A Smartphone App to Detect Bipolar Disorder
There’s an app for everything – and now, there’s even one that can detect early signs of mood changes in people with bipolar disorder and other conditions.
The app, developed by researchers from the University of Michigan, still needs much more testing before it can be widely used. But, the researchers said, a study of a small group of patients indicated its potential. The six participants all had Type 1 bipolar disorder and a history of manic and depressive episode.
It could also help people with other conditions such as post-traumatic stress disorder.
The U-M team, led by computer scientists Zahi Karam, Ph.D. and Emily Mower Provost, Ph.D., and psychiatrist Melvin McInnis, M.D., presented its findings at the International Conference on Acoustics, Speech and Signal Processing.
“These pilot study results give us preliminary proof of the concept that we can detect mood states in regular phone calls by analyzing broad features and properties of speech, without violating the privacy of those conversations,” Karam said. “As we collect more data the model will become better, and our ultimate goal is to be able to anticipate swings, so that it may be possible to intervene early.”

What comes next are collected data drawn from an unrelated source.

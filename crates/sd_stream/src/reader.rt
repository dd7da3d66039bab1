//! A stream, read.
ghost use Rattle.std.specs.Prelude.{◌≡◌, ◌+◌, ◌++◌, ◌⊎◌, ℕ, List, Option, Ok, length, take, min};
ghost use Rattle.std.specs.Prelude.{true, false};
ghost use Rattle.std.specs.Prelude.{IfErr, IfOk, IfSome, IsErrOf, OnErr, OnOk};
ghost use Rattle.std.specs.Io.KnownBytes.{Consumes};
ghost use Rattle.sd_stream.specs.Stream.{IsBase, record_text};
ghost use Rattle.sd_stream.specs.Progress.{Progress, progress_text, started, with_bytes};
ghost use Rattle.sd_stream.specs.Tallies.{HasTaken};
ghost use Rattle.sd_stream.specs.Reading.{HasRead, HasReadAll, IsBytesFault, IsEndFault, IsHeadFault, IsItemFault};
ghost use Rattle.sd_stream.specs.Reading.{IsNext, IsRecordFault};

use crate::base::Base;
use crate::head::read_head;
use crate::item::Item;
use crate::pieces::{check_end, read_piece};
use crate::records::{RECORD_SIZE, are_same, record_in};
use crate::stream_error::StreamError;
use crate::taking::take_record;
use crate::tally::Tally;
use std::io::Read;

/// Reads a stream. After an error of the stream or its input, and after its end, it reads nothing more.
#[derive(Drop)]
pub struct StreamReader<R> {
    input: R,
    base: Option<Base>,
    tally: Tally,
    /// Whether nothing more is read.
    over: bool,
}

impl<R: Read> StreamReader<R> {
    /// Reads the head of a stream.
    ///
    /// # Errors
    ///
    /// `NotAStream`, `Version`, `BaseWithoutNumber`, `EndsEarly`, `Input`.
    pub fn begin(mut input: R) -> Result<Self, StreamError>
    where
        R: Drop,
        ensures begun { IfOk result (λ reader. IsBase reader.base
            × HasRead R.remaining (R.remaining input) (started reader.base) reader) }
        ensures fault { IfSome (R.remaining input) (λ rest. IfErr result (IsHeadFault rest)) }
    {
        let base = read_head(&mut input)?;
        let tally = Tally::new(&base);
        Ok(StreamReader {
            input,
            base,
            tally,
            over: false,
        })
    }

    /// The checkpoint that the stream continues. None where it begins with a whole image.
    pub fn base(&self) -> Option<Base>
        ensures { result ≡ self.now.base }
    {
        self.base
    }

    /// Reads what comes next. The bytes of an image have to be taken by `bytes` before.
    ///
    /// # Errors
    ///
    /// `BytesLeft` where bytes of an image weren't taken; what is wrong with the stream; `EndsEarly`, `Input`; `Over`
    /// after the end and after an error.
    pub fn next(&mut self) -> Result<Item, StreamError>
        ensures read { IfOk result (λ item. (before : Option (List ℕ)) (p : Progress)
            → HasRead R.remaining before p self.old
            → IsNext R.remaining before p item self.new) }
        ensures fault { IfSome (R.remaining self.old.input) (λ rest.
            IfErr result (IsItemFault self.old.over self.old.tally rest)) }
        // After the end and after an error, nothing more is read.
        ensures ended { result ≡ Ok Item.End → self.new.over ≡ true }
        ensures over { self.old.over ≡ true
            → IsErrOf result StreamError.Over × (self.new ≡ self.old) }
        ensures failed { OnErr result ((self.new.over ≡ true) ⊎ (self.new ≡ self.old)) }
    {
        if self.over {
            return Err(StreamError::Over);
        }
        if self.tally.left > 0 {
            return Err(StreamError::BytesLeft);
        }
        self.over = true;
        let item = self.read_item()?;
        self.over = matches!(item, Item::End);
        Ok(item)
    }

    /// Reads the next record.
    fn read_item(&mut self) -> Result<Item, StreamError>
        requires { self.old.tally.left ≡ 0 }
        ensures read { IfOk result (λ item. (before : Option (List ℕ)) (p : Progress)
            → HasRead R.remaining before p self.old
            → IsNext R.remaining before p item self.new) }
        ensures fault { IfSome (R.remaining self.old.input) (λ rest.
            IfErr result (IsRecordFault self.old.tally rest)) }
        ensures over { self.new.over ≡ self.old.over }
    {
        let mut head = [0; RECORD_SIZE];
        read_piece(&mut self.input, &mut head)?;
        let (kind, value) = record_in(&head);
        match take_record(&mut self.tally, kind, value)? {
            Item::End => self.read_end(),
            item => Ok(item),
        }
    }

    /// Reads the digest at the end, and that nothing comes after it.
    fn read_end(&mut self) -> Result<Item, StreamError>
        requires left { self.old.tally.left ≡ 0 }
        requires waiting { self.old.tally.waiting ≡ false }
        ensures item { IfOk result (λ item. item ≡ Item.End) }
        ensures read { OnOk result ((before : Option (List ℕ)) (p : Progress)
            → HasTaken self.old.tally p
            → Consumes before (R.remaining self.old.input)
            (progress_text p 0 ++ record_text 3 0)
            → HasReadAll R.remaining before p self.new) }
        ensures fault { IfSome (R.remaining self.old.input) (λ rest.
            IfErr result (IsEndFault self.old.tally rest)) }
        ensures over { self.new.over ≡ self.old.over }
    {
        let mut digest = [0; 32];
        read_piece(&mut self.input, &mut digest)?;
        let due = self.tally.digest();
        if !are_same(&digest, &due) {
            return Err(StreamError::DigestDiffers);
        }
        check_end(&mut self.input)?;
        Ok(Item::End)
    }

    /// Reads the next bytes of the image, as many as the buffer takes and the image has left, and returns how many.
    ///
    /// # Errors
    ///
    /// `EndsEarly`, `Input`; `Over` after the end and after an error.
    pub fn bytes(&mut self, buffer: &mut [u8]) -> Result<usize, StreamError>
        ensures count { IfOk result (λ count. count ≡ min self.old.tally.left (length buffer.old)) }
        ensures len { length buffer.new ≡ length buffer.old }
        ensures left { IfOk result (λ count. self.new.tally.left + count ≡ self.old.tally.left) }
        ensures read { IfOk result (λ count. (before : Option (List ℕ)) (p : Progress)
            → HasRead R.remaining before p self.old
            → HasRead R.remaining before (with_bytes p (take count buffer.new)) self.new) }
        ensures fault { IfSome (R.remaining self.old.input) (λ rest. IfErr result
            (IsBytesFault self.old.over (min self.old.tally.left (length buffer.old)) rest)) }
        ensures failed { OnErr result (self.new.over ≡ true) }
        ensures over { self.old.over ≡ true
            → IsErrOf result StreamError.Over × (self.new ≡ self.old) }
    {
        if self.over {
            return Err(StreamError::Over);
        }
        let count = self.tally.left.min(buffer.len() as u64) as usize;
        self.over = true;
        read_piece(&mut self.input, &mut buffer[..count])?;
        self.tally.bytes(&buffer[..count]);
        self.over = false;
        Ok(count)
    }
}
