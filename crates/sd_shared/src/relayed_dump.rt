//! A checkpoint whose writes of data pages are relayed to writers.
ghost use Rattle.std.specs.Prelude.{◌≡◌, ◌⊎◌, true, is_some};
ghost use Rattle.sd_gate.specs.declared.worker.Worker.TheVariants as its;
ghost use Rattle.sd_relay.specs.Fronts.{StaysOnChannel};
ghost use Rattle.sd_shared.specs.Told.{ends_job};
ghost use Rattle.sd_shared.specs.Turns.{IsAnsweredCall, IsAnsweredBy, MakesJob, WorkerIsAnswered, last_of, taken_of};

use crate::crew::Crew;
use crate::driving::ends_job;
use crate::hold::Hold;
use crate::next::Next;
use crate::ordering::OneOrder;
use crate::owed_call::OwedCall;
use sd_command::{Refusal, Reply};
use sd_disk::Disk;
use sd_relay::{Feeder, Front};
use std::sync::Wait;

/// The last reply of a checkpoint, of which an outcome may have been refused that a writer handed in.
pub(crate) fn last_of(last: Reply, refused: Option<Refusal>) -> Reply
    ensures over { ends_job last ≡ true → ends_job result ≡ true }
    ensures last { result ≡ last_of last refused }
{
    match (last, refused) {
        (Reply::Refused(_), Some(why)) => Reply::Refused(why),
        (last, _) => last,
    }
}

/// A checkpoint that one thread takes up. It puts the writes of data pages for the writers, and makes every other
/// device call itself, and each write that is handed back.
pub(crate) struct RelayedDump<'a, R, D: Drop, H> {
    crew: &'a Crew<'a, R, D, H>,
    rounds: u64,
    /// The right to order it, which it has until then.
    one: Option<OneOrder>,
    /// Its number among the jobs of the dumper.
    number: u64,
    /// How many device calls were taken up.
    calls: u64,
    /// How many of them were put for the writers.
    put: u64,
    last: Reply,
}

impl<'a, R: Wait, D: Disk + Drop, H: Hold> RelayedDump<'a, R, D, H> {
    /// A checkpoint of so many rounds, of which nothing was done yet.
    pub(crate) fn new(crew: &'a Crew<'a, R, D, H>, one: OneOrder, rounds: u64) -> Self
        ensures rounds { result.rounds ≡ rounds }
        ensures one { is_some result.one ≡ true }
    {
        RelayedDump {
            crew,
            rounds,
            one: Some(one),
            number: 0,
            calls: 0,
            put: 0,
            last: Reply::Worked,
        }
    }

    /// The last reply. A right that wasn't used ends.
    pub(crate) fn into_last(self) -> Reply
        ensures { result ≡ self.entry.last }
    {
        let RelayedDump {
            crew: _,
            rounds: _,
            one,
            number: _,
            calls: _,
            put: _,
            last,
        } = self;
        match one {
            Some(one) => one.end(),
            None => {}
        }
        last
    }

    /// Puts the write of a data page for the writers. One that is handed back is made here.
    fn put(&mut self, front: &mut Front, owed: OwedCall) -> Reply
        ensures stays { StaysOnChannel front.old front.new }
        ensures same { self.new.number ≡ self.old.number }
        ensures called { ends_job result ≡ true → IsAnsweredCall D.contents owed.request.id result }
    {
        self.calls = self.calls.saturating_add(1);
        match owed.put(self.crew.rt(), front, self.calls) {
            None => {
                self.put = self.put.saturating_add(1);
                Reply::Worked
            }
            Some(back) => self.crew.call(self.calls, back),
        }
    }

    /// What a step said. Where outcomes of the writers are awaited, of which so many had been made, it waits for one.
    fn awaited(&self, reply: Reply, made: u64) -> Reply
        ensures { ends_job result ≡ true → result ≡ reply }
    {
        if made < self.put && matches!(reply, Reply::Refused(Refusal::Busy)) {
            self.crew.await_more(made);
            return Reply::Worked;
        }
        reply
    }

    /// How the checkpoint is answered at its next step, or at its next device call, which is made, or put for the
    /// writers.
    fn told(&mut self, front: &mut Front, next: Next, made: u64) -> Reply
        ensures stays { StaysOnChannel front.old front.new }
        ensures same { self.new.number ≡ self.old.number }
        ensures told { ends_job result ≡ true → IsAnsweredBy D.contents (taken_of next) result }
    {
        match next {
            Next::Step(reply) => self.awaited(reply, made),
            Next::PageWrite(owed) => self.put(front, owed),
            Next::Call(owed) => {
                self.calls = self.calls.saturating_add(1);
                self.crew.call(self.calls, owed)
            }
        }
    }

    /// Makes the next step, or the next device call, or puts it for the writers.
    fn go_on(&mut self, front: &mut Front)
        ensures stays { StaysOnChannel front.old front.new }
        ensures same { self.new.number ≡ self.old.number }
        ensures told { ends_job self.new.last ≡ true
            → WorkerIsAnswered D.contents its.Dumper self.old.number self.new.last }
    {
        let made = self.crew.made();
        let next = self.crew.take_up(self.number);
        self.last = self.told(front, next, made);
    }

    /// Orders the checkpoint, and goes on to its end.
    fn order(&mut self, front: &mut Front, one: OneOrder)
        ensures stays { StaysOnChannel front.old front.new }
        ensures over { ends_job self.new.last ≡ true }
        ensures job { MakesJob D.contents its.Dumper self.old.rounds self.new.last }
    {
        let (first, number) = self.crew.begin(one, self.rounds);
        self.last = first;
        self.number = number;
        self.go_on_to_the_end(front);
    }

    /// Goes on to the end of the checkpoint, or until it is refused.
    fn go_on_to_the_end(&mut self, front: &mut Front)
        ensures stays { StaysOnChannel front.old front.new }
        ensures over { ends_job self.new.last ≡ true }
        ensures told { (self.new.last ≡ self.old.last)
            ⊎ WorkerIsAnswered D.contents its.Dumper self.old.number self.new.last }
    {
        for _ in self.crew.rt().forever() {
            if ends_job(&self.last) {
                return;
            }
            self.go_on(front);
        }
        unreachable!()
    }
}

impl<R: Wait, D: Disk + Drop, H: Hold> Feeder for RelayedDump<'_, R, D, H> {
    ghost fed = { λ before dump. is_some before.one ≡ true
        → (ends_job dump.last ≡ true) × MakesJob D.contents its.Dumper before.rounds dump.last };

    fn feed(&mut self, front: &mut Front) {
        match self.one.take() {
            Some(one) => self.order(front, one),
            None => {}
        }
    }
}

The app runs in the background on an ordinary smartphone, and automatically monitors the patients’ voice patterns during any calls made as well as during weekly conversations with a member of the patient’s care team.
The app allows speech features to be recorded and analyzed securely, making it possible to detect changes in mood. Eventually, it will include a feedback loop to the patient and his or her care team and even a chosen family member.
The recordings themselves are encrypted and kept off-limits to the research team. They can see only the results of computer analysis of the recordings, which are stored in secure servers that comply with patient privacy laws.